Using coordinates as targets
============================

.. py:currentmodule:: sklearn_xarray.target

With sklearn-xarray you can easily point an sklearn estimator to a
coordinate in an xarray DataArray or Dataset in order to use it as a target
for supervised learning. This is achieved with a :py:class:`Target` object:

.. doctest::

    >>> from sklearn_xarray import wrap, Target
    >>> from sklearn_xarray.datasets import load_digits_dataarray
    >>> from sklearn.linear_model.logistic import LogisticRegression
    >>>
    >>> X = load_digits_dataarray()
    >>> y = Target(coord='digit')(X)
    >>> X
    <xarray.DataArray (sample: 1797, feature: 64)>
    array([[ 0.,  0.,  5., ...,  0.,  0.,  0.],
           [ 0.,  0.,  0., ..., 10.,  0.,  0.],
           [ 0.,  0.,  0., ..., 16.,  9.,  0.],
           ...,
           [ 0.,  0.,  1., ...,  6.,  0.,  0.],
           [ 0.,  0.,  2., ..., 12.,  0.,  0.],
           [ 0.,  0., 10., ..., 12.,  1.,  0.]])
    Coordinates:
      * sample   (sample) int64 0 1 2 3 4 5 6 ... 1790 1791 1792 1793 1794 1795 1796
      * feature  (feature) int64 0 1 2 3 4 5 6 7 8 9 ... 55 56 57 58 59 60 61 62 63
        digit    (sample) int64 0 1 2 3 4 5 6 7 8 9 0 1 ... 7 9 5 4 8 8 4 9 0 8 9 8
    >>> y
    sklearn_xarray.Target with data:
    <xarray.DataArray 'digit' (sample: 1797)>
    array([0, 1, 2, ..., 8, 9, 8])
    Coordinates:
      * sample   (sample) int64 0 1 2 3 4 5 6 ... 1790 1791 1792 1793 1794 1795 1796
        digit    (sample) int64 0 1 2 3 4 5 6 7 8 9 0 1 ... 7 9 5 4 8 8 4 9 0 8 9 8


The target can point to any DataArray or Dataset that contains the specified
coordinate, simply by calling the target with the Dataset/DataArray as an
argument. When you construct a target without specifying a coordinate, the
target data will be the Dataset/DataArray itself.

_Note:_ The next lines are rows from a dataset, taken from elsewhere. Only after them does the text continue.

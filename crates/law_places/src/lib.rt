//! Laws of identifiers and reply frames over every case. The functions do nothing: what their contracts say is all that
//! they are for.
#![tactic(auto)]

mod laws;

pub use laws::{
    cycles_are_kept, doorbells_stand, facts_give_places, places_are_kept, vectors_stay_few,
};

The Target object can be used as a target for a wrapped estimator in accordance
with sklearn's usual syntax:

.. doctest::

    >>> wrapper = wrap(LogisticRegression())
    >>> wrapper.fit(X, y) # doctest:+ELLIPSIS
    EstimatorWrapper(...)
    >>> wrapper.score(X, y)
    1.0

.. note::
    You don't have to assign the Target to any data, the wrapper's fit method
    will automatically call ``y(X)``.

Pre-processing
--------------

In some cases, it is necessary to pre-process the coordinate before it can be
used as a target. For this, the constructor takes a ``transform_func`` parameter
which can be used with the ``fit_transform`` method of transformers in
``sklearn.preprocessing`` (and also any other object implementing the sklearn
transformer interface):

.. doctest::

    >>> from sklearn.neural_network import MLPClassifier
    >>> from sklearn.preprocessing import LabelBinarizer
    >>>
    >>> y = Target(coord='digit', transform_func=LabelBinarizer().fit_transform)(X)
    >>> wrapper = wrap(MLPClassifier())
    >>> wrapper.fit(X, y) # doctest:+ELLIPSIS
    EstimatorWrapper(...)

Indexing
--------

A :py:class:`Target` object can be indexed in the same way as the underlying
coordinate and interfaces with ``numpy`` by providing an ``__array__``
attribute which returns ``numpy.array()`` of the (transformed) coordinate.


Multi-dimensional coordinates
-----------------------------

In some cases, the target coordinates span multiple dimensions, but the
transformer expects a lower-dimensional input. With  the ``dim`` parameter of
the :py:class:`Target` class you can specify which of the dimensions to keep.
You can also specify the callable ``reduce_func`` to perform the reduction of
the other dimensions (e.g. ``numpy.mean``). Otherwise, the coordinate will
be reduced to the first element along each dimension that is not ``dim``.


Lazy evaluation
---------------

When you construct a target with a transformer and ``lazy=True``, the
transformation will only be performed when the target's data is actually
accessed. This can significantly improve performance when working with large
datasets in a pipeline, because the target is assigned in each step of the
pipeline.

.. note::
    When you index a target with lazy evaluation, the transformation is
    performed regardless of whether ``lazy`` was set.